Problem requirements:
Would you please retype, exactly, the lines of the listing below between the line with "pub fn write_words<O: Write>(out: &mut" and the line with "OnOk result (out.new.failed", inclusive?

"""

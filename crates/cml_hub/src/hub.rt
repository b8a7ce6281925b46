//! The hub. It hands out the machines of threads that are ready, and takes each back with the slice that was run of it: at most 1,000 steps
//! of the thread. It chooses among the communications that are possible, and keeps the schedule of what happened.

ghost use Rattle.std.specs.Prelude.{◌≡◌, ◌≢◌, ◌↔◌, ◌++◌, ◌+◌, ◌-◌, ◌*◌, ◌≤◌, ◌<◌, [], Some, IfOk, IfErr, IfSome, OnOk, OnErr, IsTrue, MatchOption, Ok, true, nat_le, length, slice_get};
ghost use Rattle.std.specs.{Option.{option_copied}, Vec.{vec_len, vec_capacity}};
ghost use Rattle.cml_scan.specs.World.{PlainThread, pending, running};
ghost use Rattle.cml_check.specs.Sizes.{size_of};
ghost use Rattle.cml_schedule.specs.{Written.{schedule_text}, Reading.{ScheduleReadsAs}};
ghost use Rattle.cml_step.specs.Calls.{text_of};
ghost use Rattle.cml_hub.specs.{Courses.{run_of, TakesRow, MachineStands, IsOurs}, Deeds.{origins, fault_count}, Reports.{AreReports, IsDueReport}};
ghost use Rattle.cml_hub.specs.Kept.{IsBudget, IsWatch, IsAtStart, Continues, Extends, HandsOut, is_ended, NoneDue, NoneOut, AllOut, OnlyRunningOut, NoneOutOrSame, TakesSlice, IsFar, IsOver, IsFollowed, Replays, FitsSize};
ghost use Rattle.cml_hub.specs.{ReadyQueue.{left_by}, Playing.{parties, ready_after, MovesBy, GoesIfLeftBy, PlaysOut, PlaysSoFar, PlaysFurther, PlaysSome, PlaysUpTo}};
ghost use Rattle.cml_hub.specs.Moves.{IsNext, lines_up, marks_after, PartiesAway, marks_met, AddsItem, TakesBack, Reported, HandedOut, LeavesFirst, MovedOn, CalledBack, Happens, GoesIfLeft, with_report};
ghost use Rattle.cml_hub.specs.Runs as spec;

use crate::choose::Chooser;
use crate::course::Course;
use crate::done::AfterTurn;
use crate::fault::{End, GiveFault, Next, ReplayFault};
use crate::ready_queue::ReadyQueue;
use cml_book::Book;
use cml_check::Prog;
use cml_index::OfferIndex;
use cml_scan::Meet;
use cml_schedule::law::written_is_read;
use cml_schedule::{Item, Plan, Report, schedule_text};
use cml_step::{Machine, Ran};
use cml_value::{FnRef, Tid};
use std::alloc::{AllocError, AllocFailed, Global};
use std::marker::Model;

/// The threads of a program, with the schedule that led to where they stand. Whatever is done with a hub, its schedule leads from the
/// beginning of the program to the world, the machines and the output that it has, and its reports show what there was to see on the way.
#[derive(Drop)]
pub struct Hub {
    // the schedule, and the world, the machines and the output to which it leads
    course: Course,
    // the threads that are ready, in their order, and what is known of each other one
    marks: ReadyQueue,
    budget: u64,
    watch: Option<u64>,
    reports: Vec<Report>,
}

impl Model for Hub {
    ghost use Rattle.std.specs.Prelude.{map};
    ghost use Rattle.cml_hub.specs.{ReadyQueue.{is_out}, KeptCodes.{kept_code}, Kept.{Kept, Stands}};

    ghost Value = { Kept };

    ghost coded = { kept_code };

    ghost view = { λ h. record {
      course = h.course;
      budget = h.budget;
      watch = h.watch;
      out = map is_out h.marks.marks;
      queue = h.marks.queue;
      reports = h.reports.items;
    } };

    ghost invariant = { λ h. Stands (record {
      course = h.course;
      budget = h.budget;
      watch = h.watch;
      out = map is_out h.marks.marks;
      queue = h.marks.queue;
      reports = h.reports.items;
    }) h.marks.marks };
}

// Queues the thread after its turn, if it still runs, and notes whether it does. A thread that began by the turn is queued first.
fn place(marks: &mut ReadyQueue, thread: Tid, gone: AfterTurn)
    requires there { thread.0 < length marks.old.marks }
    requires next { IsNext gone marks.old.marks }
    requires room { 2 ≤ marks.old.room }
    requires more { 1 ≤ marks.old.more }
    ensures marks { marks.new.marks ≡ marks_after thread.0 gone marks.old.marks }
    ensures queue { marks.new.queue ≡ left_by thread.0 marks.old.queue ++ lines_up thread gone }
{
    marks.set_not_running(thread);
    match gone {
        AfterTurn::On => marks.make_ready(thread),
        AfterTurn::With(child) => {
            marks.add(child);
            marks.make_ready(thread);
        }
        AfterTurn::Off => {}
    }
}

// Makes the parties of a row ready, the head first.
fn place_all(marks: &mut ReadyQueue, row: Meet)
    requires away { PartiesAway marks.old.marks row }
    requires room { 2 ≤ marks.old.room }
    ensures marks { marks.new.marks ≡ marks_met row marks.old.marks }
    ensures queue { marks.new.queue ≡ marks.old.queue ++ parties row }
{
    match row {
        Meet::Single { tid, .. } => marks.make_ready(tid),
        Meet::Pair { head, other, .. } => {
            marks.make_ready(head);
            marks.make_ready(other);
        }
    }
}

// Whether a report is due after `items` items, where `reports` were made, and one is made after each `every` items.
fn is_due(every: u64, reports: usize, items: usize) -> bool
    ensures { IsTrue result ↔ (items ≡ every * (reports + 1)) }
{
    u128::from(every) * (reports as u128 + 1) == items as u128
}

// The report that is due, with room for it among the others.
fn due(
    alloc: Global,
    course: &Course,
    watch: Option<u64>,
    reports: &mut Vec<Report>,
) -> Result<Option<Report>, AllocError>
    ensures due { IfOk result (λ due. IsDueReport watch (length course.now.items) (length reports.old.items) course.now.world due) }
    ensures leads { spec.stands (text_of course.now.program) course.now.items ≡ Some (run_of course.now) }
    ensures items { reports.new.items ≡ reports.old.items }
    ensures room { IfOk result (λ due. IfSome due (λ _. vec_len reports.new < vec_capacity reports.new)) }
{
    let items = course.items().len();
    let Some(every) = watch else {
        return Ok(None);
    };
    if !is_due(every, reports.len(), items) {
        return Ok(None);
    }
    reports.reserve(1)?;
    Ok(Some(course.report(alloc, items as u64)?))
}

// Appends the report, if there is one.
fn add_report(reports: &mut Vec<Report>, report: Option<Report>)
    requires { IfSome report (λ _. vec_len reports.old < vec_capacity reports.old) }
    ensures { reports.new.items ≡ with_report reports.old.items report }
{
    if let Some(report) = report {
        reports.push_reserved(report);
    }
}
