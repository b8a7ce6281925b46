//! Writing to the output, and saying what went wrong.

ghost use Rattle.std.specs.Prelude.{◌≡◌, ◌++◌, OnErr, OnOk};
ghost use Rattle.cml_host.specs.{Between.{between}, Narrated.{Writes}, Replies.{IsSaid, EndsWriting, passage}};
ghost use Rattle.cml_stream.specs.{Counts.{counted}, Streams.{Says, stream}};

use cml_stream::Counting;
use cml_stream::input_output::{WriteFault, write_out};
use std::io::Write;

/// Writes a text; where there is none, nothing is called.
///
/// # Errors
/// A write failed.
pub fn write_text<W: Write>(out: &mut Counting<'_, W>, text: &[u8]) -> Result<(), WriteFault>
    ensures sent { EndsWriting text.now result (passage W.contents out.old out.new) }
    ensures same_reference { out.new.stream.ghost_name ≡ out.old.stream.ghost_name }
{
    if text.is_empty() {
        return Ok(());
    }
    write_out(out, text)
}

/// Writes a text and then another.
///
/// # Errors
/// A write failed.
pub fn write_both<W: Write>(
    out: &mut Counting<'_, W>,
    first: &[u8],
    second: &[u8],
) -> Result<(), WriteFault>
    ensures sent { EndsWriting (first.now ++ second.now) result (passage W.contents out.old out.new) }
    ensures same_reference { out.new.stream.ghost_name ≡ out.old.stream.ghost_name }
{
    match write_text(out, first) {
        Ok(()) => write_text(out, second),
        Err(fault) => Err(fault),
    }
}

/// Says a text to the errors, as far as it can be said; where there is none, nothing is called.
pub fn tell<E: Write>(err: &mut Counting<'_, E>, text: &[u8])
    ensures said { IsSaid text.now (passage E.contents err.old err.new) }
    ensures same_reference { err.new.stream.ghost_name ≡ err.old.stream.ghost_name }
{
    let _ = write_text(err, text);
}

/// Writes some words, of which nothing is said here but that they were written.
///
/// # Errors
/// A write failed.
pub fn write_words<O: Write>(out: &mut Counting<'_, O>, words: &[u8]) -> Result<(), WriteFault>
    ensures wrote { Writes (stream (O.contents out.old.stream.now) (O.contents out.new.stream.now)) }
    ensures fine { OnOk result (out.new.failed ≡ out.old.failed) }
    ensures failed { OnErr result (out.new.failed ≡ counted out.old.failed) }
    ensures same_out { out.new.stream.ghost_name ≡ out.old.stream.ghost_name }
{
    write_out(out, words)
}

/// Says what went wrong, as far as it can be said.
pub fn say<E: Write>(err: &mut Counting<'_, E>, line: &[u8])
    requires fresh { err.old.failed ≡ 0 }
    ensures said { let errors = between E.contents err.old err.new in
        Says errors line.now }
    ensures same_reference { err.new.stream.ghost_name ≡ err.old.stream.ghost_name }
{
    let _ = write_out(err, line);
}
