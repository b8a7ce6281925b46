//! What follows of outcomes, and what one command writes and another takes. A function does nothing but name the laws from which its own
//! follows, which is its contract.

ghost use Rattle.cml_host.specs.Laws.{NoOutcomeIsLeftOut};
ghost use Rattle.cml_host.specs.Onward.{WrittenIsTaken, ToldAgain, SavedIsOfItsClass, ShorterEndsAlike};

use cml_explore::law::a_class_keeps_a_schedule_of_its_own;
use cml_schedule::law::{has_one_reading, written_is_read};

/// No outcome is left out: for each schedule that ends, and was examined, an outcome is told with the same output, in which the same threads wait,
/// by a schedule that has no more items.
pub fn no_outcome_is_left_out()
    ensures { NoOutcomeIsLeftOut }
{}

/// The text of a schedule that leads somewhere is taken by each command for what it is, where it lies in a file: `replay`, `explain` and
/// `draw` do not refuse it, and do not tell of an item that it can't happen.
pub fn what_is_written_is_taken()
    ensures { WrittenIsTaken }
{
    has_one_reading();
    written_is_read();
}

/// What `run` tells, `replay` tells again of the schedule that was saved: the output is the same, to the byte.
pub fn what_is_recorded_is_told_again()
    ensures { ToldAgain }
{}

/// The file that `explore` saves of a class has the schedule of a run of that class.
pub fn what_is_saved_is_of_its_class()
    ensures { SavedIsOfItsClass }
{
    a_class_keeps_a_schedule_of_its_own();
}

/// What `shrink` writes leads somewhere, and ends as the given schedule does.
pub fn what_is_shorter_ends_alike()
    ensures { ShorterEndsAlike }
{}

"""

Task answer:
pub fn write_words<O: Write>(out: &mut Counting<'_, O>, words: &[u8]) -> Result<(), WriteFault>
    ensures wrote { Writes (stream (O.contents out.old.stream.now) (O.contents out.new.stream.now)) }
    ensures fine { OnOk result (out.new.failed ≡ out.old.failed) }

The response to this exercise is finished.